I knew all the answers and confirmed it with Forest and Crag. For example I knew about the first ascent of Mount Mansfield and remembed it HAD to be someone I knew about. 
 The Katahdin question I know for a fact it was Highest Mountain, but I thought "Hmmm..it has to be Pamola or Katahdin". I also have an apitude for remembering dates, names and somethings I don't want to remember, I still know about. I am sure everyone has that talent. I appreciate your inquiry in my honesty. 

Regards, 
  Ridgewalker


----------



## noski (Jan 5, 2006)

Ridgewalker said:
			
		

> Hey Noski,
> 
> I knew all the answers and confirmed it with Forest and Crag. I justed wanted to confirm my answers. For example I knew about the first ascent of Mount Mansfield and remembed it HAD to be someone I knew about.
> The Katahdin question I know for a fact it was Highest Mountain, but I thought "Hmmm..it has to be Pamola or Katahdin". I also have an apitude for remembering dates, names and somethings I don't want to remember, I still know about.
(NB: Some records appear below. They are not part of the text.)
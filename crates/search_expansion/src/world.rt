// The world of a job's node.
ghost use Rattle.std.specs.Prelude.{◌≡◌, ◌≤◌, IfErr, IfOk, length};
ghost use Rattle.search_jobs.specs.Explorations.{program_in};
ghost use Rattle.search_expansion.specs.inside.Reached.{IsAt};
ghost use Rattle.world_core.specs.declared.fault.WorldFault.TheVariants.{Memory};
ghost use Rattle.world_model.specs.Asking.{program_of};

use core_tree::Module;
use search_jobs::Job;
use std::alloc::Global;
use world_core::{World, WorldFault};

/// The world of a job's node: each step of its schedule is taken, in a new world of a module that asks what the
/// explored one does. `Memory` if there is no memory.
pub(crate) fn world_of<'w>(
    alloc: Global,
    program: &'w Module,
    job: &Job<'_>,
) -> Result<World<'w>, WorldFault>
    requires { program_of program.now ≡ program_in job.now.exploration }
    ensures at { IfOk result (λ world. IsAt (program_in job.now.exploration) job.now.name.prefix world) }
    ensures module { IfOk result (λ world. world.program ≡ program.now) }
    ensures short { IfOk result (λ _. length job.now.name.prefix ≤ job.now.exploration.depth) }
    ensures memory { IfErr result (λ fault. fault ≡ Memory) }
{
    job.names_a_node();
    let mut world = World::open(alloc, program)?;
    let name = job.name();
    match world.advance(alloc, name.prefix.as_slice()) {
        Ok(()) => Ok(world),
        Err((_, WorldFault::Memory)) => Err(WorldFault::Memory),
        Err((_, WorldFault::NotEnabled)) => unreachable!(),
    }
}
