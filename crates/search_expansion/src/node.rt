// A node that is to be visited.
ghost use Rattle.std.specs.Prelude.{◌≡◌, ◌==◌, ◌&&◌, Some, IfOk, OnOk};
ghost use Rattle.core_tree.specs.Syntax.{ModuleTree};
ghost use Rattle.search_agenda.specs.Plans.{IsAgenda, IsStepped};
ghost use Rattle.search_expansion.specs.inside.Nodes.{AddsDeadlock, IsBelow, IsNode};
ghost use Rattle.tree_cuts.specs.Cuts.{goes_on};
ghost use Rattle.world_model.specs.Asking.{program_of};
ghost use Rattle.world_model.specs.Events.{History};
ghost use Rattle.world_model.specs.Requests.{Program};

use search_agenda::{Agenda, Plan};
use std::alloc::{AllocError, Global};
use std::rc::Rc;
use world_core::push_deadlock;
use world_identities::Identity;
use world_plans::perform;
use world_records::Records;

/// A node: its records, the plans of the steps that sleep there, how many steps may follow, and its agenda.
#[derive(Drop)]
pub(crate) struct Node<'m> {
    pub(crate) records: Records<'m>,
    pub(crate) slept: Vec<Rc<Plan>>,
    pub(crate) left: u64,
    pub(crate) agenda: Agenda,
}

/// The records that the enabled step of a plan leaves, from those that are taken over. `AllocError` if there is no memory
/// for them.
pub fn stepped<'m>(
    alloc: Global,
    records: Records<'m>,
    plan: &Plan,
) -> Result<Records<'m>, AllocError>
    ensures { IfOk result (λ after. IsStepped records.entry plan.now after) }
{
    let mut records = records;
    perform(&mut records, alloc, plan)?;
    Ok(records)
}

/// Whether the tree is cut at a node that has this agenda, and that so many steps may follow: none may, and one is enabled.
/// It takes no memory.
pub(crate) fn is_cut(left: u64, agenda: &Agenda) -> bool
    ensures { (a : Program) (h : History) → IsAgenda a h agenda.now → result ≡ (left == 0 && goes_on a (Some h)) }
{
    left == 0 && agenda.first_enabled().is_some()
}

impl<'m> Node<'m> {
    /// The node that the enabled step of a plan leads to, from records that are taken over, with its agenda.
    /// `AllocError` if there is no memory for it.
    pub(crate) fn below(
        alloc: Global,
        records: Records<'m>,
        slept: Vec<Rc<Plan>>,
        plan: &Plan,
        left: u64,
        agenda: &Agenda,
    ) -> Result<Node<'m>, AllocError>
        ensures node { IfOk result (λ node. IsBelow records.entry agenda.now plan.now slept.items node) }
        ensures slept { IfOk result (λ node. node.slept ≡ slept) }
        ensures left { IfOk result (λ node. node.left ≡ left) }
    {
        let records = stepped(alloc, records, plan)?;
        let agenda = agenda.below(&records, alloc, plan)?;
        Ok(Node {
            records,
            slept,
            left,
            agenda,
        })
    }

    /// Puts the deadlock of the node after other identities, where no step is enabled there and some process lives, and
    /// then what is unread there. `AllocError` if there is no memory for it.
    pub(crate) fn add_deadlock(
        &self,
        alloc: Global,
        shown: &mut Vec<Identity>,
    ) -> Result<(), AllocError>
        ensures { OnOk result ((m : ModuleTree) (h : History) → IsNode m h self.now → AddsDeadlock (program_of m) h shown.old.items shown.new.items) }
    {
        if self.agenda.first_enabled().is_some() {
            return Ok(());
        }
        push_deadlock(&self.records, alloc, shown)?;
        Ok(())
    }
}
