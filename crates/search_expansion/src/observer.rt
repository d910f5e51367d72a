// What a caller sees of the work.
ghost use Rattle.std.specs.Prelude.{◌≤◌};

/// An observer, which is informed of the work while it is done. Its calls return.
pub trait Observer {
    /// A node is about to be visited, for the ticket of this number; 0 stands for a node or a state that no ticket is for.
    fn turn(&self, ticket: u64);

    /// The states that schedules of so many steps lead to are known, and are expanded next.
    fn level(&self, steps: u64);

    /// A piece was given back for the ticket of this number; tickets are numbered from 1.
    fn given(&self, ticket: u64)
        requires { 1 ≤ ticket };
}

/// An observer that does nothing: nobody watches the work.
#[derive(Clone, Copy)]
pub struct Unwatched;

impl Observer for Unwatched {
    fn turn(&self, _ticket: u64) {}

    fn level(&self, _steps: u64) {}

    fn given(&self, _ticket: u64) {}
}
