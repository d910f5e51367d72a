// Signals.
ghost use Rattle.std.specs.Prelude.{◌≡◌, IfOk};
ghost use Rattle.proc_signals.specs.Signal.{signal_of};

use std::alloc::{AllocError, Global};
use std::hash::{Hash, Hasher};
use term_core::{RefId, Term};

/// What one process sends to another (Erlang reference manual, "Processes", "Sending Signals"). Contracts
/// see it as `signal_of` it.
#[derive(Drop)]
pub enum Signal {
    /// A message.
    Message(Term),
    /// An exit signal of `exit/2`, with its reason.
    Exit(Term),
    /// That a linked process ended, with its reason.
    LinkExit(Term),
    /// That a watched process ended: the reference of the watch, and the reason.
    Down(RefId, Term),
    /// A message to a process by a reference, which has to be an alias of it where the message comes.
    Guarded(RefId, Term),
    /// The message of a timer, by the timer's reference.
    Elapsed(RefId, Term),
}

impl PartialEq for Signal {
    ghost use Rattle.std.specs.Cmp.{on_per, partial_equiv_from_equiv};
    ghost use Rattle.std.specs.Ordering.{on};
    ghost use Rattle.proc_signals.specs.Alike.{same_signal};
    ghost use Rattle.proc_signals.specs.inside.Alike.{signals_equal};

    ghost eq = { on signal_of same_signal };

    ghost laws = { on_per signal_of (partial_equiv_from_equiv signals_equal) };

    /// Whether the two say the same. It takes no memory.
    fn eq(&self, other: &Signal) -> bool {
        match (self, other) {
            (Signal::Message(message), Signal::Message(said)) => *message == *said,
            (Signal::Exit(reason), Signal::Exit(given)) => *reason == *given,
            (Signal::LinkExit(reason), Signal::LinkExit(given)) => *reason == *given,
            (Signal::Down(reference, reason), Signal::Down(watch, given)) => {
                *reference == *watch && *reason == *given
            }
            (Signal::Guarded(reference, message), Signal::Guarded(alias, said)) => {
                *reference == *alias && *message == *said
            }
            (Signal::Elapsed(reference, message), Signal::Elapsed(timer, said)) => {
                *reference == *timer && *message == *said
            }
            _ => false,
        }
    }
}

impl Signal {
    /// Feeds a hasher with the signal: the same for signals that are the same. It takes no memory.
    pub(crate) fn feed<H: Hasher>(&self, state: &mut H) {
        match self {
            Signal::Message(message) => {
                state.write_u8(0);
                message.hash(state);
            }
            Signal::Exit(reason) => {
                state.write_u8(1);
                reason.hash(state);
            }
            Signal::LinkExit(reason) => {
                state.write_u8(2);
                reason.hash(state);
            }
            Signal::Down(reference, reason) => {
                state.write_u8(3);
                reference.hash(state);
                reason.hash(state);
            }
            Signal::Guarded(reference, message) => {
                state.write_u8(4);
                reference.hash(state);
                message.hash(state);
            }
            Signal::Elapsed(reference, message) => {
                state.write_u8(5);
                reference.hash(state);
                message.hash(state);
            }
        }
    }

    /// The same signal, or `AllocError` where the copies of its terms can no longer be counted. It takes
    /// no memory.
    pub fn copy(&self) -> Result<Signal, AllocError>
        ensures { IfOk result (λ copied. signal_of copied ≡ signal_of self.now) }
    {
        match self {
            Signal::Message(message) => Ok(Signal::Message(message.copy()?)),
            Signal::Exit(reason) => Ok(Signal::Exit(reason.copy()?)),
            Signal::LinkExit(reason) => Ok(Signal::LinkExit(reason.copy()?)),
            Signal::Down(reference, reason) => {
                Ok(Signal::Down(reference.copy()?, reason.copy()?))
            }
            Signal::Guarded(reference, message) => {
                Ok(Signal::Guarded(reference.copy()?, message.copy()?))
            }
            Signal::Elapsed(reference, message) => {
                Ok(Signal::Elapsed(reference.copy()?, message.copy()?))
            }
        }
    }
}

impl Clone for Signal {
    ghost is_clone = { λ a b. signal_of b ≡ signal_of a };

    /// The same signal, as `copy` gives it.
    fn clone(&self) -> Result<Signal, AllocError> {
        self.copy()
    }
}
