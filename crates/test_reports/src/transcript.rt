// The lines of events made by hand, byte for byte.
use core_tree::CallKind;
use proc_links::Effect;
use proc_signals::Signal;
use std::alloc::{AllocError, Global};
use std::sync::Arc;
use std::test::Fail;
use term_core::{Pid, RefId, Step, Term, Terms, list_onto};
use test_support::{MemorySink, same};
use world_event_text::write_event;
use world_model::rule::Rule;
use world_plans::{Deed, Event, Refusal};

// How many bytes a sink takes at a time.
const PIECES: [usize; 2] = [1, 1000];

pub(super) fn pid(alloc: Global, numbers: &[u64]) -> Result<Pid, AllocError> {
    Pid::new(alloc, Vec::from_slice(alloc, numbers)?)
}

// Checks that the line of an event is written so, so many bytes at a time.
fn writes(
    alloc: Global,
    number: u64,
    event: &Event,
    line: &[u8],
    piece: usize,
) -> Result<(), Fail> {
    let mut sink = MemorySink::in_pieces(alloc, 1000, piece)?;
    write_event(&mut sink, number, event)?;
    same(sink.bytes.as_slice(), line)
}

// Checks that the line is written so, in one write or in many.
fn prints(
    alloc: Global,
    number: u64,
    process: &[u64],
    deed: Deed,
    line: &[u8],
) -> Result<(), Fail> {
    let event = Event {
        step: Step::Turn(pid(alloc, process)?),
        deed,
    };
    for piece in PIECES {
        writes(alloc, number, &event, line, piece)?;
    }
    Ok(())
}

fn served(
    alloc: Global,
    kind: CallKind,
    arguments: Vec<Term>,
    answer: Term,
) -> Result<Deed, AllocError> {
    Ok(Deed::Served {
        kind,
        arguments: Arc::new(alloc, Terms::from_vec(arguments))?,
        answer,
    })
}

fn list(alloc: Global, item: Term) -> Result<Term, AllocError> {
    list_onto(alloc, vec![in alloc; item]?, Term::Nil)
}

// The object `{'a',1}`.
fn object(alloc: Global) -> Result<Term, AllocError> {
    let parts = vec![in alloc; Term::atom(alloc, "a")?, Term::Int(1)]?;
    Term::tuple(alloc, Terms::from_vec(parts))
}

fn table_and(alloc: Global, argument: Term) -> Result<Vec<Term>, AllocError> {
    Ok(vec![in alloc; Term::atom(alloc, "t")?, argument]?)
}

#[test]
fn prints_a_table_that_is_made(rt: HostRuntime) -> Result<(), Fail> {
    let alloc = rt.alloc();
    let arguments = table_and(alloc, list(alloc, Term::atom(alloc, "named_table")?)?)?;
    let deed = served(alloc, CallKind::New, arguments, Term::atom(alloc, "t")?)?;
    let line = b"3 P.2 ets:new('t',['named_table']) -> 't'\n";
    prints(alloc, 3, &[2], deed, line)
}

#[test]
fn prints_an_object_that_is_put(rt: HostRuntime) -> Result<(), Fail> {
    let alloc = rt.alloc();
    let arguments = table_and(alloc, object(alloc)?)?;
    let deed = served(
        alloc,
        CallKind::Insert,
        arguments,
        Term::atom(alloc, "true")?,
    )?;
    let line = b"3 P.2 ets:insert('t',{'a',1}) -> 'true'\n";
    prints(alloc, 3, &[2], deed, line)
}

#[test]
fn prints_objects_that_are_found(rt: HostRuntime) -> Result<(), Fail> {
    let alloc = rt.alloc();
    let arguments = table_and(alloc, Term::atom(alloc, "a")?)?;
    let deed = served(
        alloc,
        CallKind::Lookup,
        arguments,
        list(alloc, object(alloc)?)?,
    )?;
    let line = b"3 P.2 ets:lookup('t','a') -> [{'a',1}]\n";
    prints(alloc, 3, &[2], deed, line)
}

#[test]
fn prints_a_message_that_is_sent(rt: HostRuntime) -> Result<(), Fail> {
    let alloc = rt.alloc();
    let message = Term::atom(alloc, "b")?;
    let arguments = vec![in alloc; Term::Pid(pid(alloc, &[])?), message.copy()?]?;
    let deed = served(alloc, CallKind::Bang, arguments, message)?;
    let line = b"3 P.2 erlang:!(P,'b') -> 'b'\n";
    prints(alloc, 3, &[2], deed, line)
}

#[test]
fn prints_a_reference_that_is_made(rt: HostRuntime) -> Result<(), Fail> {
    let alloc = rt.alloc();
    let reference = Term::Ref(RefId::new(alloc, pid(alloc, &[])?, 1)?);
    let deed = served(alloc, CallKind::MakeRef, Vec::new(alloc), reference)?;
    let line = b"3 P.2 erlang:make_ref() -> #P.1\n";
    prints(alloc, 3, &[2], deed, line)
}

// Rules with the owner that is reported, and the lines of their refusals.
const REFUSED: [(Rule, Option<&[u64]>, &[u8]); 10] = [
    (
        Rule::BadTable,
        None,
        b"1 P ets:lookup('t','a') -> badarg (1 BadTable)\n",
    ),
    (
        Rule::NoTable,
        None,
        b"1 P ets:lookup('t','a') -> badarg (2 NoTable)\n",
    ),
    (
        Rule::PrivateRead,
        Some(&[]),
        b"1 P ets:lookup('t','a') -> badarg (3 PrivateRead, owner P)\n",
    ),
    (
        Rule::PrivateWrite,
        Some(&[]),
        b"1 P ets:lookup('t','a') -> badarg (4 PrivateWrite, owner P)\n",
    ),
    (
        Rule::ProtectedWrite,
        Some(&[2]),
        b"1 P ets:lookup('t','a') -> badarg (5 ProtectedWrite, owner P.2)\n",
    ),
    (
        Rule::BadName,
        None,
        b"1 P ets:lookup('t','a') -> badarg (7 BadName)\n",
    ),
    (
        Rule::BadOption,
        None,
        b"1 P ets:lookup('t','a') -> badarg (8 BadOption)\n",
    ),
    (
        Rule::NameTaken,
        None,
        b"1 P ets:lookup('t','a') -> badarg (9 NameTaken)\n",
    ),
    (
        Rule::NotObject,
        Some(&[]),
        b"1 P ets:lookup('t','a') -> badarg (10 NotObject, owner P)\n",
    ),
    (
        Rule::ShortObject,
        Some(&[]),
        b"1 P ets:lookup('t','a') -> badarg (11 ShortObject, owner P)\n",
    ),
];

fn refused(alloc: Global, rule: Rule, numbers: Option<&[u64]>) -> Result<Deed, AllocError> {
    let arguments = table_and(alloc, Term::atom(alloc, "a")?)?;
    let owner = match numbers {
        Some(numbers) => Some(pid(alloc, numbers)?),
        None => None,
    };
    Ok(Deed::Refused {
        kind: CallKind::Lookup,
        arguments: Arc::new(alloc, Terms::from_vec(arguments))?,
        refusal: Refusal::ByRule(rule, owner),
    })
}

#[test]
fn prints_refused_calls(rt: HostRuntime) -> Result<(), Fail> {
    for (rule, owner, line) in REFUSED {
        let deed = refused(rt.alloc(), rule, owner)?;
        prints(rt.alloc(), 1, &[], deed, line)?;
    }
    Ok(())
}

#[test]
fn prints_ends_and_waits(rt: HostRuntime) -> Result<(), Fail> {
    let end = Deed::Ended(Term::atom(rt.alloc(), "normal")?);
    prints(rt.alloc(), 4, &[], end, b"4 P ends 'normal'\n")?;
    prints(rt.alloc(), 1, &[], Deed::RanAway, b"1 P runs away\n")?;
    prints(rt.alloc(), 4, &[1], Deed::TimedOut, b"4 P.1 times out\n")
}

// The reference `#P.1`.
fn reference(alloc: Global) -> Result<RefId, AllocError> {
    RefId::new(alloc, pid(alloc, &[])?, 1)
}

// Checks that the line of a delivery from the first process to another is this one.
fn brings(alloc: Global, signal: Signal, effect: Effect, line: &[u8]) -> Result<(), Fail> {
    let event = Event {
        step: Step::Deliver(pid(alloc, &[])?, pid(alloc, &[2])?),
        deed: Deed::Delivered(signal, effect),
    };
    writes(alloc, 5, &event, line, 1000)
}

#[test]
fn prints_signals_that_are_delivered(rt: HostRuntime) -> Result<(), Fail> {
    let alloc = rt.alloc();
    let a = Term::atom(alloc, "a")?;
    let put = Effect::Put(a.copy()?);
    let line = b"5 P>P.2 brings 'a'\n";
    brings(alloc, Signal::Message(a.copy()?), put, line)?;
    let ends = Effect::Ends(Term::atom(alloc, "killed")?);
    let line = b"5 P>P.2 exit 'a' -> ends 'killed'\n";
    brings(alloc, Signal::Exit(a.copy()?), ends, line)?;
    let line = b"5 P>P.2 exit 'a' -> ignored\n";
    brings(alloc, Signal::Exit(a.copy()?), Effect::Ignored, line)?;
    let line = b"5 P>P.2 exit 'a' -> dropped\n";
    brings(alloc, Signal::LinkExit(a.copy()?), Effect::Dropped, line)?;
    let down = Signal::Down(reference(alloc)?, a.copy()?);
    let line = b"5 P>P.2 down #P.1 -> dropped\n";
    brings(alloc, down, Effect::Dropped, line)?;
    let put = Effect::Put(a.copy()?);
    let down = Signal::Down(reference(alloc)?, a);
    brings(alloc, down, put, b"5 P>P.2 down #P.1 -> 'a'\n")
}

#[test]
fn prints_messages_by_aliases_and_timers(rt: HostRuntime) -> Result<(), Fail> {
    let alloc = rt.alloc();
    let a = Term::atom(alloc, "a")?;
    let guarded = Signal::Guarded(reference(alloc)?, a.copy()?);
    let line = b"5 P>P.2 brings 'a' by alias #P.1\n";
    brings(alloc, guarded, Effect::Put(a.copy()?), line)?;
    let guarded = Signal::Guarded(reference(alloc)?, a.copy()?);
    let line = b"5 P>P.2 brings 'a' by alias #P.1 -> dropped\n";
    brings(alloc, guarded, Effect::Dropped, line)?;
    let elapsed = Signal::Elapsed(reference(alloc)?, a.copy()?);
    let line = b"5 P>P.2 brings 'a' by timer #P.1\n";
    brings(alloc, elapsed, Effect::Put(a.copy()?), line)?;
    let elapsed = Signal::Elapsed(reference(alloc)?, a);
    let line = b"5 P>P.2 brings 'a' by timer #P.1 -> dropped\n";
    brings(alloc, elapsed, Effect::Dropped, line)
}
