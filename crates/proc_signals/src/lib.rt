// What processes send to one another: the signals on their way, and the mailboxes in which messages wait.
#![tactic(auto)]

mod channel;
pub mod channels;
pub mod mailbox;
mod messages;
mod queue;
mod senders;
pub mod signal;

pub use channels::Channels;
pub use mailbox::{Mailbox, Selector};
pub use signal::Signal;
I am sure everyone has that talent. I appreciate your inquiry in my honesty.
> ...



That's outstanding! I was (and am) impressed. Really!


----------



## twigeater (Jan 6, 2006)

#9 Ktahdn and another spelling were before Katahdin.
I never heard highest mountain, only greatest mountain.  So saying Mount Katahdin is like saying Mount Greatest Mountain.


----------



## Ridgewalker (Jan 22, 2006)

twigeater said:
			
		

> #9 Ktahdn and another spelling were before Katahdin.
> I never heard highest mountain, only greatest mountain.  So saying Mount Katahdin is like saying Mount Greatest Mountain.





 I should correct myself, Katahdin means Highest or Greatest Mounntain.


----------